#[test]
fn refuses_a_line_for_its_first_fault(rt: HostRuntime) -> Result<(), Fail> {
    for (way, source, line, what) in [
        (Dir::Out, "\n", 1, LineWhat::Unknown),
        (Dir::Out, "bytes -", 1, LineWhat::Unknown),
        (Dir::Out, "phases op", 1, LineWhat::Unknown),
        (Dir::Out, "phase", 1, LineWhat::Words),
        (Dir::Out, "phase op urb", 1, LineWhat::Words),
        (Dir::Out, "phase Op", 1, LineWhat::Words),
        (Dir::Out, "phase op ", 1, LineWhat::Words),
        (Dir::Out, "phase op\nphase op", 2, LineWhat::Unknown),
        (Dir::Out, "phase op\nhop", 2, LineWhat::Unknown),
        (Dir::Out, "phase op\n\nbytes -", 2, LineWhat::Unknown),
        (Dir::Out, "phase urb\nsubmit 1 in 4", 2, LineWhat::Unknown),
        (Dir::Out, "phase urb\nunlink 1", 2, LineWhat::Unknown),
        (Dir::Out, "phase op\nbytes", 2, LineWhat::Words),
        (Dir::Out, "phase op\nbytes 00 00", 2, LineWhat::Words),
        (Dir::Out, "phase op\nbytes  00", 2, LineWhat::Words),
        (Dir::Out, "phase op\nbytes 0", 2, LineWhat::Hex),
        (Dir::Out, "phase op\nbytes 0A", 2, LineWhat::Hex),
        (Dir::Out, "phase op\nbytes 0g", 2, LineWhat::Hex),
        (Dir::Out, "phase op\nbytes ", 2, LineWhat::Hex),
        (Dir::Out, "phase op\nbytes --", 2, LineWhat::Hex),
        (Dir::In, "phase op\nsubmit 1 in", 2, LineWhat::Words),
        (Dir::In, "phase op\nsubmit 1 over 4", 2, LineWhat::Words),
        (Dir::In, "phase op\nsubmit x over 4", 2, LineWhat::Words),
        (Dir::In, "phase op\nsubmit x in 4", 2, LineWhat::Number),
        (Dir::In, "phase op\nsubmit 01 in 4", 2, LineWhat::Number),
        (Dir::In, "phase op\nsubmit +1 in 4", 2, LineWhat::Number),
        (
            Dir::In,
            "phase op\nsubmit 4294967296 in 4",
            2,
            LineWhat::Number,
        ),
        (Dir::In, "phase op\nsubmit 1 in -", 2, LineWhat::Number),
        (Dir::In, "phase op\nunlink", 2, LineWhat::Words),
        (Dir::In, "phase op\nunlink 1 2", 2, LineWhat::Words),
        (Dir::In, "phase op\nunlink -1", 2, LineWhat::Number),
        (
            Dir::In,
            "phase op\nunlink 1\nsubmit 1 in 4",
            3,
            LineWhat::Twice,
        ),
        (
            Dir::In,
            "phase op\nunlink 1\nsubmit 1 in 70001",
            3,
            LineWhat::Number,
        ),
    ] {
        refuses(&rt, rt.alloc(), way, source.as_bytes(), line, what)?;
    }
    Ok(())
}

#[test]
fn takes_what_no_line_refuses(rt: HostRuntime) -> Result<(), Fail> {
    for (way, source, want) in [
        (Dir::Out, "phase op\n", "more 0\n"),
        (Dir::Out, "phase urb\nbytes -\nbytes -\n", "more 0\n"),
        (
            Dir::In,
            "phase op\nsubmit 4294967295 in 70000\nunlink 0",
            "more 0\n",
        ),
    ] {
        prints(&rt, rt.alloc(), way, source.as_bytes(), want)?;
    }
    Ok(())
}

#[test]
fn answered_numbers_leave_the_list(rt: HostRuntime) -> Result<(), Fail> {
    for (way, source, want) in [
        (
            Dir::In,
            "phase urb\nunlink 0\nunlink 1\nunlink 2\nunlink 3\nunlink 4\nunlink 5\nunlink 6\nunlink 7\nunlink 8\nunlink 9\nunlink 10\nunlink 11\nunlink 12\nunlink 13\nunlink 14\nunlink 15\nbytes 000000040000000300000000000000000000000000000000000000000000000000000000000000000000000000000000\nunlink 16",
            "ret_unlink 3 0\nmore 0\n",
        ),
        (
            Dir::In,
            "phase urb\nsubmit 1 in 4\nbytes 0000000300000001000000000000000000000000000000000000000100000000ffffffff00000000000000000000000041\nsubmit 1 in 4\nbytes 0000000300000001000000000000000000000000000000000000000200000000ffffffff0000000000000000000000004142",
            "ret_submit 1 0 1 41\nret_submit 1 0 2 4142\nmore 0\n",
        ),
        (
            Dir::In,
            "phase urb\nsubmit 1 in 4\nbytes 0000000300000001000000000000000000000000000000000000000100000000ffffffff000000000000000000000000410000000300000001000000000000000000000000000000000000000100000000ffffffff00000000000000000000000041",
            "ret_submit 1 0 1 41\nbad urb seqnum 4\n",
        ),
        (
            Dir::In,
            "phase urb\nsubmit 1 in 4\nbytes 0000000300000001000000000000000000000000000000000000000200000000ffffffff00000000000000000000000041\nsubmit 2 out 4\nbytes 420000000300000002000000000000000000000000000000000000000400000000ffffffff000000000000000000000000",
            "ret_submit 1 0 2 4142\nret_submit 2 0 4 -\nmore 0\n",
        ),
    ] {
        prints(&rt, rt.alloc(), way, source.as_bytes(), want)?;
    }
    Ok(())
}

• _The task_:
Scan the material above. Copy each line where "over" occurs.

• _Solution to the exercise_:
        (Dir::In, "phase op\nsubmit 1 over 4", 2, LineWhat::Words),
        (Dir::In, "phase op\nsubmit x over 4", 2, LineWhat::Words),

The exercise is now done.